Yousef Alavi to be remembered during math symposium

Contact: Jeanne Baron
Photo of the late Dr. Yousef .

Alavi

KALAMAZOO—The late Dr. Yousef Alavi, Western Michigan University professor emeritus of mathematics, will be remembered during the Department of Mathematics' 2013 Emeriti Day celebration Thursday and Friday, Oct. 24-25.

The Yousef Alavi Memorial Symposium will focus on technical mathematics but is free and open to the public.
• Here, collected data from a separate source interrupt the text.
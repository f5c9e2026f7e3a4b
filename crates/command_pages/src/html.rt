//! Pages in HTML.

ghost use Rattle.std.specs.Prelude.{◌≡◌, ◌⊎◌, ◌++◌, Some, None, IfErr, IfOk, OnOk, alloc_error, codes, map};
ghost use Rattle.std.specs.Prelude.{string_bytes};
ghost use Rattle.web_page.specs.declared.errors.PageError.TheVariants.{Refused};
ghost use Rattle.html_page.specs.View.{frame_of};
ghost use Rattle.description.specs.View.{description_said};
ghost use Rattle.description_pages.specs.LevelsView.{subject_of};
ghost use Rattle.description_pages.specs.Sections.{joined_names};
ghost use Rattle.command_pages.specs.Html.{IsHtmlOf, foot_of, frame_said, html_page_fault, inked};
ghost use Rattle.command_pages.specs.View.{title_said};

use crate::given::{TitleGiven, word_of};
use bumpalo::Bump;
use description::Description;
use description_pages::chapters::chapter;
use description_pages::levels::LevelSubject;
use html_page::{Extent, Frame, PageError, html_page};
use std::alloc::{AllocError, Allocator, Global};
use web_page::models::has_ink;

fn push_inked<'p>(words: &mut Vec<&'p str, &'p Bump>, word: &'p str) -> Result<(), AllocError>
    ensures { OnOk result (map (λ word. word.now) words.new.items
        ≡ map (λ word. word.now) words.old.items ++ inked word.now) }
{
    if !has_ink(word) {
        return Ok(());
    }
    words.push(word)?;
    Ok(())
}

fn joined<'p>(arena: &'p Bump, words: &[&str]) -> Result<&'p str, AllocError>
    ensures { IfOk result (λ whole. whole.now ≡ joined_names (codes ", ") (map (λ word. word.now) words.now)) }
{
    let whole = words.join(arena, ", ")?;
    arena.try_alloc_str(whole.as_str())
}

// Who publishes it, and when.
fn foot<'p, 'a: 'p>(
    arena: &'p Bump,
    description: &'p Description<'a>,
    given: TitleGiven<'_>,
) -> Result<&'p str, AllocError>
    ensures { IfOk result (λ foot. foot.now ≡ foot_of (description_said description.now) (title_said given.entry)) }
{
    let mut words: Vec<&'p str, &'p Bump> = Vec::new(arena);
    push_inked(
        &mut words,
        word_of(arena, given.vendor, description.vendor)?,
    )?;
    push_inked(&mut words, word_of(arena, given.date, description.date)?)?;
    joined(arena, words.as_slice())
}

fn frame<'p, 'a: 'p>(
    arena: &'p Bump,
    description: &'p Description<'a>,
    given: TitleGiven<'_>,
) -> Result<Frame<'p>, AllocError>
    ensures { IfOk result (λ frame.
        frame_of frame ≡ frame_said (description_said description.now) (title_said given.entry)) }
{
    Ok(Frame {
        language: description.language,
        contents: description.words.contents,
        usage: description.words.usage,
        foot: foot(arena, description, given)?,
    })
}

/// The page of a level with all levels below it, in HTML: a complete page, or what stands in its body.
///
/// An error comes where an allocation failed, and otherwise only where a text may not stand on a page in HTML.
#[tactic(auto, using(crate::proofs::Failing::failing_html, crate::proofs::Failing::permitted_html))]
pub fn html_page_of<'p, 'a: 'p, A: Allocator + Copy>(
    alloc: A,
    arena: &'p Bump,
    description: &'p Description<'a>,
    extent: Extent,
    given: TitleGiven<'_>,
    level: LevelSubject<'p, 'a, Global>,
) -> Result<String<A>, PageError>
    ensures reads { IfOk result (λ made. IsHtmlOf (description_said description.now) extent (title_said given.entry)
        (subject_of level.entry) (string_bytes made)) }
    ensures permitted { IfOk result (λ _.
        html_page_fault (description_said description.now) (title_said given.entry) (subject_of level.entry) ≡ None) }
    ensures fails { IfErr result (λ error. (error ≡ Refused alloc_error)
        ⊎ (html_page_fault (description_said description.now) (title_said given.entry) (subject_of level.entry)
        ≡ Some error)) }
{
    let frame = frame(arena, description, given)?;
    let top = chapter(arena, &description.words, level)?;
    html_page(alloc, extent, &frame, &top)
}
Registrations are requested at wmich.edu/math and may be made for both days, Thursday only or Friday only.

Emeriti Day has been expanded to a two-day symposium in memory of Alavi, who died in May and directed the International Graph Theory Conference held at WMU every four years from 1968 to 2000. Personal reminiscences of Alavi will be shared during a by-invitation-only emeriti dinner.

During the symposium, WMU also will acknowledge the 100th birthday of the late Dr. Paul Erdös, a well-known Hungarian mathematician who delivered numerous colloquia at the University and collaborated with mathematics department faculty and graduate students for some 20 years.

Symposium schedule of events

The symposium's public events begin at 2:25 p.m. Thursday on the sixth floor of Everett Tower in the Alavi Commons Room. First up will be talks on "Independence Sequences in a Graph, Constrained and Unconstrained" and "Eulerian Graphs and a Cycle Decomposition Conjecture."

The day will end with a colloquium by Dr. Fan Chung from the University of California, San Diego. Chung will speak on "Some Problems and Results in Spectral Graph Theory" from 4 to 5 p.m.

Friday's talks begin at 10:20 a.m. and are titled "Long Cycles in Graphs," "On Paul Erdös's Not-So-Random Graph," "Minimum Degree and Disjoint Cycles in Generalized Claw-free Graphs," "Take Two," and "The Hunt for the Dreaded Chorded Cycle."

A concluding colloquium will take place from 4 to 5 p.m. in the Fetzer Center's Putney Auditorium. It features Dr. Ronald Graham, also from the University of California, San Diego, speaking on "The Combinatorics of Solving Linear Equations."